- Opening Delimiter -

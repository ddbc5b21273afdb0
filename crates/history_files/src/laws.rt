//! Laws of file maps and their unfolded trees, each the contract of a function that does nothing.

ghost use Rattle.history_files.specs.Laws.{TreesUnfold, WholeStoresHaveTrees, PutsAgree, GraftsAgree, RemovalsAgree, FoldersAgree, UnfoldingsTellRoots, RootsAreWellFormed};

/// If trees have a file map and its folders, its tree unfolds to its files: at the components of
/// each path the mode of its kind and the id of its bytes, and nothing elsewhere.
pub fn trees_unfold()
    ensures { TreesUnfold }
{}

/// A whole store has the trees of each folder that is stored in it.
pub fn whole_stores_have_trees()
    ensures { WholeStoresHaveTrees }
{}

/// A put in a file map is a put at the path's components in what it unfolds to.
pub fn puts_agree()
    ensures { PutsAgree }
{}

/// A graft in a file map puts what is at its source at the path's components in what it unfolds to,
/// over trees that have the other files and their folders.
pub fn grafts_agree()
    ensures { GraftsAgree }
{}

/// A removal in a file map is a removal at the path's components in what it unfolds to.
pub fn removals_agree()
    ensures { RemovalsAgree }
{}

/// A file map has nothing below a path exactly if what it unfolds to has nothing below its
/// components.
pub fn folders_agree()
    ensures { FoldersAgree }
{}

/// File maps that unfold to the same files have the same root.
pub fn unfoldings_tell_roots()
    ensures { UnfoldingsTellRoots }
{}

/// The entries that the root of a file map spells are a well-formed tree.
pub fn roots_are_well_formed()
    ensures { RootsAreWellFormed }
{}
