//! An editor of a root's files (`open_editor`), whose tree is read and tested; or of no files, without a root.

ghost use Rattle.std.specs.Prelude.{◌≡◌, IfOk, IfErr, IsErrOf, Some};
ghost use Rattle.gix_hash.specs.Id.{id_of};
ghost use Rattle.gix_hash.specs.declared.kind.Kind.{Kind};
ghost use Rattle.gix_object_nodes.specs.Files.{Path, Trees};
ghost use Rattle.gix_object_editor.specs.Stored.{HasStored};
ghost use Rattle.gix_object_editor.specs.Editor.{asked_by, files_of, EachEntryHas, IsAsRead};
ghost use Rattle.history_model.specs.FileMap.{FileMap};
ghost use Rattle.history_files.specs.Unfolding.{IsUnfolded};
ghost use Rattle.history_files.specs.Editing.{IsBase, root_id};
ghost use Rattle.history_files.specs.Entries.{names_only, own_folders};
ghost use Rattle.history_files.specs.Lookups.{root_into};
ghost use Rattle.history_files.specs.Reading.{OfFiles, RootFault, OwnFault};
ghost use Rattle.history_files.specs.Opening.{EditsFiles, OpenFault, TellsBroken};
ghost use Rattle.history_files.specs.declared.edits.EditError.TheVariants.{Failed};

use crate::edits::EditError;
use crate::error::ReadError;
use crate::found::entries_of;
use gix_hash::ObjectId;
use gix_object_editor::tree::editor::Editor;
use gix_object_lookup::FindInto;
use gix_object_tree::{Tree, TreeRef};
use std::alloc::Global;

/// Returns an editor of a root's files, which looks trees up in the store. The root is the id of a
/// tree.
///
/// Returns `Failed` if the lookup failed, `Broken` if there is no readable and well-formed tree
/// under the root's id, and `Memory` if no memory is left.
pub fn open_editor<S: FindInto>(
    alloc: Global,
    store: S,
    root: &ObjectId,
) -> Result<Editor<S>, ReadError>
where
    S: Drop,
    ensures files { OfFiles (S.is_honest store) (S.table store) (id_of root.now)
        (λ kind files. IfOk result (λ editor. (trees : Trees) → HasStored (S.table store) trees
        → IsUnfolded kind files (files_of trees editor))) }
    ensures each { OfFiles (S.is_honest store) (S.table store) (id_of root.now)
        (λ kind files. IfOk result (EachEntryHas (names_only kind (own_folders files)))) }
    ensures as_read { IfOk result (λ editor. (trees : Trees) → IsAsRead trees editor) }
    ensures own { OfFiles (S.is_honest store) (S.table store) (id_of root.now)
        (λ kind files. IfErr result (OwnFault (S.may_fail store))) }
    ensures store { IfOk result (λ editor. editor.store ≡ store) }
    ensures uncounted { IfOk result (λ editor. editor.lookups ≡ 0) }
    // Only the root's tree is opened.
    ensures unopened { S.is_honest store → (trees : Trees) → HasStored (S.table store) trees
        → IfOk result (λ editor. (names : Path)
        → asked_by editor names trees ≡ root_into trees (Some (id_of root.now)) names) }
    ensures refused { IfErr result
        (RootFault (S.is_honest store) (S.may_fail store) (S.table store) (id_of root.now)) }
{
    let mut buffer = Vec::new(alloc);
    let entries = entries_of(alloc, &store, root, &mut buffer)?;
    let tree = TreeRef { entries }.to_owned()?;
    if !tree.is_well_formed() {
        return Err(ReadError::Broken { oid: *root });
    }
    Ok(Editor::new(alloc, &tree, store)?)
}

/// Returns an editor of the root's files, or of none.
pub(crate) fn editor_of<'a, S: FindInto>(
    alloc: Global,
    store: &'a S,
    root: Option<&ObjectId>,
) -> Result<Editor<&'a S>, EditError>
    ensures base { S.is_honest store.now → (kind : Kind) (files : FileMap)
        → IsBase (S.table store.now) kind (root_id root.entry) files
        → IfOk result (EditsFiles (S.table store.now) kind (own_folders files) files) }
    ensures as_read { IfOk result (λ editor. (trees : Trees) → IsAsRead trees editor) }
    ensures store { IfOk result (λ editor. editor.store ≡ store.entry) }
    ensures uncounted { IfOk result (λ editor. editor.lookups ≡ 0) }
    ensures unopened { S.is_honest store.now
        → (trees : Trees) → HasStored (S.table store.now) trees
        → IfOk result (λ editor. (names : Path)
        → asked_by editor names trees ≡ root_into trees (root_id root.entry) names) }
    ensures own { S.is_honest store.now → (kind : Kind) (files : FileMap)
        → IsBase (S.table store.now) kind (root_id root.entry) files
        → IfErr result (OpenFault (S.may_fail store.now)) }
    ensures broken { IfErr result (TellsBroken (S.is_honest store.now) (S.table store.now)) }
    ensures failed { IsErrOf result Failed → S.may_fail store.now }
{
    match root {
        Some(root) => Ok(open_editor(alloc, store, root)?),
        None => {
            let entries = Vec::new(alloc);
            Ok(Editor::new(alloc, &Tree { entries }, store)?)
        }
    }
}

- Closing Delimiter -
- Opening Delimiter -

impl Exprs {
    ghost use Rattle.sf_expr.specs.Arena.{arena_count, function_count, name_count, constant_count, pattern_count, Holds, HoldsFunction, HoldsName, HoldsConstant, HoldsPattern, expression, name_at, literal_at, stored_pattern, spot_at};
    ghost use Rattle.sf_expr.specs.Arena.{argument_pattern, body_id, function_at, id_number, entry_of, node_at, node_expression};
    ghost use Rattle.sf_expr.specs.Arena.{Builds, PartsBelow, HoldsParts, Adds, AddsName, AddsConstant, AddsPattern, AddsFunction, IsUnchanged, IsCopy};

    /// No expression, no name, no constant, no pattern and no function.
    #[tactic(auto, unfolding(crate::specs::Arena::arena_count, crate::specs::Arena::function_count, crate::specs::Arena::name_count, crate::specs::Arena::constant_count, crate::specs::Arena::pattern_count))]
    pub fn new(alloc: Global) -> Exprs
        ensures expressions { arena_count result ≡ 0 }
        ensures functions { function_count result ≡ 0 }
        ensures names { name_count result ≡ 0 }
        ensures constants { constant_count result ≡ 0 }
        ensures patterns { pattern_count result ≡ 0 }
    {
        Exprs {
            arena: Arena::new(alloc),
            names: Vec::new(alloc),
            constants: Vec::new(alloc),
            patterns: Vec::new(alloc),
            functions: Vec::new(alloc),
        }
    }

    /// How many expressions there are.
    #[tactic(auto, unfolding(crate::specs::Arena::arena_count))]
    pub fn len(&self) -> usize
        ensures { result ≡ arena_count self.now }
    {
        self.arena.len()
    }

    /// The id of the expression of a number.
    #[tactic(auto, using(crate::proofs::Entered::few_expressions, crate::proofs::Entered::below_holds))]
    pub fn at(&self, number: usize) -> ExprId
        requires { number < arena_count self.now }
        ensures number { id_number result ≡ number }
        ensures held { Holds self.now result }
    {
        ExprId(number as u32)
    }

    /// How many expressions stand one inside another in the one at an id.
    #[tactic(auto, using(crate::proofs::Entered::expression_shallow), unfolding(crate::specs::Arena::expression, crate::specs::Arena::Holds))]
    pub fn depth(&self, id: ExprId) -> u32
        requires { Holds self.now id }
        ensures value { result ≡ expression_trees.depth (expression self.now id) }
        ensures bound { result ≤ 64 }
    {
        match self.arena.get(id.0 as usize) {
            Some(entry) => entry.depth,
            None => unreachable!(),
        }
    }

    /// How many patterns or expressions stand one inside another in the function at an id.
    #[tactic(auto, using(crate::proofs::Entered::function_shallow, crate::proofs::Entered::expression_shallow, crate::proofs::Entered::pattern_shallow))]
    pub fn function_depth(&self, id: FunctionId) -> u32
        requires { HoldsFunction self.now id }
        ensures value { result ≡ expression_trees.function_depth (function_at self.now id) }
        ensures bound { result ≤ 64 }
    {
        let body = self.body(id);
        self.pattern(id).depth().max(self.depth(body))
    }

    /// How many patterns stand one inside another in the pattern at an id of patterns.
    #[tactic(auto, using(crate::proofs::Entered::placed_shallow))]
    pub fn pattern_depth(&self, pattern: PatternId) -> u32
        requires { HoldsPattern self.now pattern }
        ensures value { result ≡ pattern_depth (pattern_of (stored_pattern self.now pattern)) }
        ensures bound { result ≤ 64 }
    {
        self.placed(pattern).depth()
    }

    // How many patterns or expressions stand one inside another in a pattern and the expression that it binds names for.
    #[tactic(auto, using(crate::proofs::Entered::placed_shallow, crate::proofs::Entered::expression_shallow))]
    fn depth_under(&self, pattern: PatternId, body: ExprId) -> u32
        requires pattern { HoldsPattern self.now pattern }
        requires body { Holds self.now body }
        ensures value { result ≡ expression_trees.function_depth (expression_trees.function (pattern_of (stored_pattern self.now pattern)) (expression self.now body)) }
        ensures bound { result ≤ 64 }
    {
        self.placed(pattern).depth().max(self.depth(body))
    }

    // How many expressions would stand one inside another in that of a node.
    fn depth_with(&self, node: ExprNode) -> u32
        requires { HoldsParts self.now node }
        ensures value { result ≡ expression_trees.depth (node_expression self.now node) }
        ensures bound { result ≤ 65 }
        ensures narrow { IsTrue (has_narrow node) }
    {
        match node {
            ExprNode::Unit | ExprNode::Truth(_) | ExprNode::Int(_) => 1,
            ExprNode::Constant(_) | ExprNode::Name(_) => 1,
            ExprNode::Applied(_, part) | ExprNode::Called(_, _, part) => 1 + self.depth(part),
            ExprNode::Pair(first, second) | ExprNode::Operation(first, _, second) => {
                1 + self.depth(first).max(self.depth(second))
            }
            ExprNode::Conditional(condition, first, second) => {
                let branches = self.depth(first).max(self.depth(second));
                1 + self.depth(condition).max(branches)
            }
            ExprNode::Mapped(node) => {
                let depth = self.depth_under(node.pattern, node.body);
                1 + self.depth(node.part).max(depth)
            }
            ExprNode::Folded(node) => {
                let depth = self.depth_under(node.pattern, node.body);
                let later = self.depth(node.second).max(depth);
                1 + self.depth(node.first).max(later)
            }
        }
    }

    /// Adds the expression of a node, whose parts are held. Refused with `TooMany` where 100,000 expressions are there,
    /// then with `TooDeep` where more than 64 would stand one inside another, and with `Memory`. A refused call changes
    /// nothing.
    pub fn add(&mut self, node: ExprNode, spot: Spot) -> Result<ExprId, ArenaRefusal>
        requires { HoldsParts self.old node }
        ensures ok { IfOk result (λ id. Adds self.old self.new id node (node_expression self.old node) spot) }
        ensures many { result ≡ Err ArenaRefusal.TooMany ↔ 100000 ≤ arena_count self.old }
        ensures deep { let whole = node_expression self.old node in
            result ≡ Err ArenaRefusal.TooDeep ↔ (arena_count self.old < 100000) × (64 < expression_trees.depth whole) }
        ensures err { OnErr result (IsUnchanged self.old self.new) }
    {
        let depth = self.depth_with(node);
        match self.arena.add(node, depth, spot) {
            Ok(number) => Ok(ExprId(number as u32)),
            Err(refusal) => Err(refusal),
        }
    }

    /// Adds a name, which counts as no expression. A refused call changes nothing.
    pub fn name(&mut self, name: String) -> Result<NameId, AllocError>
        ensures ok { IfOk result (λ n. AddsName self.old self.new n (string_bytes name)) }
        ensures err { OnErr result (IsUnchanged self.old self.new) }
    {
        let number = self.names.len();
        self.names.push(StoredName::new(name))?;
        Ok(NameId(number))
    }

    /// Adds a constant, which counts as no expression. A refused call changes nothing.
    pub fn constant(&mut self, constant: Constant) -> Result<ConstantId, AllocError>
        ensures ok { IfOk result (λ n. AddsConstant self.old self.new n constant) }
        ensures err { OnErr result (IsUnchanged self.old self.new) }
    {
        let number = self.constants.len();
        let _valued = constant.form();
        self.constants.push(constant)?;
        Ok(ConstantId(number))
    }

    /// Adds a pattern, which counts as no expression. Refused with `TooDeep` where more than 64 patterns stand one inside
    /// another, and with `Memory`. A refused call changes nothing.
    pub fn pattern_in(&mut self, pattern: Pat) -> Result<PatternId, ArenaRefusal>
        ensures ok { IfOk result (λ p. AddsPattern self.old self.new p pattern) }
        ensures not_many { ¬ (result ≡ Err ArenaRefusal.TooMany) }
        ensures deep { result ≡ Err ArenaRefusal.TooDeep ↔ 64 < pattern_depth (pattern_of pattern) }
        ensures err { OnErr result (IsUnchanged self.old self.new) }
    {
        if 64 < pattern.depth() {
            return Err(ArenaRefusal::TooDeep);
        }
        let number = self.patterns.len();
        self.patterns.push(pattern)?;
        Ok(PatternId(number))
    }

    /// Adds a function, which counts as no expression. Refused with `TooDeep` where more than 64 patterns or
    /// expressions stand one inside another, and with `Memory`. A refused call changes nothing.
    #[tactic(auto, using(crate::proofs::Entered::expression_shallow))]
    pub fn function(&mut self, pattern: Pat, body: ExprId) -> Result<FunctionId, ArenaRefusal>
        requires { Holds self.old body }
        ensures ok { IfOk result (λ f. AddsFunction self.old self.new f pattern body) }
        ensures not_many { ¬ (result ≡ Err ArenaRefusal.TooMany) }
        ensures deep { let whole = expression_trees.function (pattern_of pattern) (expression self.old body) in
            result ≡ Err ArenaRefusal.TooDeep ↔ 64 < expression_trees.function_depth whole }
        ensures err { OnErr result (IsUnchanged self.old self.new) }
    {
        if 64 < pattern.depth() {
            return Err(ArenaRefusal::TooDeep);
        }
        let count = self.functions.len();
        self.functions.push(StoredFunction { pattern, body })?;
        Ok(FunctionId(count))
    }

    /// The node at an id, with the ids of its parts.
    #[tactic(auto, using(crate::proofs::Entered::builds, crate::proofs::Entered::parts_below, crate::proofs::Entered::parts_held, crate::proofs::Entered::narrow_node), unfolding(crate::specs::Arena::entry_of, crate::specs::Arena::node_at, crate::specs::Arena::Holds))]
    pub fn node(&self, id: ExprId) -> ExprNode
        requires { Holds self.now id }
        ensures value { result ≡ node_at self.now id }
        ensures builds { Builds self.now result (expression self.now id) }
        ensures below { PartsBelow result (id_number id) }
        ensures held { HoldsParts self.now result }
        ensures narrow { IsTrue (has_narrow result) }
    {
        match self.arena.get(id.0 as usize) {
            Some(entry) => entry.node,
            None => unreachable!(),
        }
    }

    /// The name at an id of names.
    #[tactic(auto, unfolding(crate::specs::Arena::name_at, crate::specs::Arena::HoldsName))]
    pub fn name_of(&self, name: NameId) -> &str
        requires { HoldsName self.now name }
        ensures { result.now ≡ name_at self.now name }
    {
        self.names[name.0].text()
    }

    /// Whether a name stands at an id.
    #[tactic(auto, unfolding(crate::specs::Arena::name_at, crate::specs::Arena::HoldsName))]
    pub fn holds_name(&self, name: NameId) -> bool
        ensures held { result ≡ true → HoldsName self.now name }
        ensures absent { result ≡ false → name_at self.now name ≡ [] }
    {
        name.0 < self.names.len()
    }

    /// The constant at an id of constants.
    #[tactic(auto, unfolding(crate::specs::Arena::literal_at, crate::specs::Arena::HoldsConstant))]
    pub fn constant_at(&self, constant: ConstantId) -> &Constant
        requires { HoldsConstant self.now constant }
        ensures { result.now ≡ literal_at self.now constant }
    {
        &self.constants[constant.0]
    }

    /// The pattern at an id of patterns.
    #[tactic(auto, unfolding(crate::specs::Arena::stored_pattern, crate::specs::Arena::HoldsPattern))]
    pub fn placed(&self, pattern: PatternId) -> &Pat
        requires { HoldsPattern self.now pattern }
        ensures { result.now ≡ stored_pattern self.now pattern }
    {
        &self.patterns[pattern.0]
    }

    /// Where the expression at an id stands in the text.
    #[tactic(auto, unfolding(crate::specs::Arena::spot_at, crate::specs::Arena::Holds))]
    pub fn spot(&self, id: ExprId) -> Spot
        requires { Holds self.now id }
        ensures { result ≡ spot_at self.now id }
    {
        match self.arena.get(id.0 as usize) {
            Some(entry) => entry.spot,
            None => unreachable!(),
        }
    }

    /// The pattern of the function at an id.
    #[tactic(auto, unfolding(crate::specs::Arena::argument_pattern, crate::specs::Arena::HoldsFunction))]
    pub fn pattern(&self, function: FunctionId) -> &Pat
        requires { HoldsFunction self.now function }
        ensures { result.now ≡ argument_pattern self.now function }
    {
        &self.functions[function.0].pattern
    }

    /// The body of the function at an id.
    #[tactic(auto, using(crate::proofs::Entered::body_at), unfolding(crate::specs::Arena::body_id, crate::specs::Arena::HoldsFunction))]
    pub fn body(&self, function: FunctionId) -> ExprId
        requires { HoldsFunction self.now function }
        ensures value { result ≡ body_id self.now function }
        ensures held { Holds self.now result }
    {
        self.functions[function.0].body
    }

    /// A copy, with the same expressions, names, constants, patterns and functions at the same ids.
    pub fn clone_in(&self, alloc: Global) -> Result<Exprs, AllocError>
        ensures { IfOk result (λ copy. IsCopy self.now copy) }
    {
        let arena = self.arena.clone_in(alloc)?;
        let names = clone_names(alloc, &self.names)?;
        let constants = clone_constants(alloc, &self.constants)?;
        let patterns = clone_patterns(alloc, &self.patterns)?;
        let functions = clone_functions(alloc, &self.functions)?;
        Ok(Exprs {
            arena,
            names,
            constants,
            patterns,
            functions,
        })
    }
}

- Closing Delimiter -

Exercise details: Send back an exact copy of only the lines from the line with "(λ n. AddsConstant" up to and including the line with "let _valued = constant.form();" in the data above.

Output:
        ensures ok { IfOk result (λ n. AddsConstant self.old self.new n constant) }
        ensures err { OnErr result (IsUnchanged self.old self.new) }
    {
        let number = self.constants.len();
        let _valued = constant.form();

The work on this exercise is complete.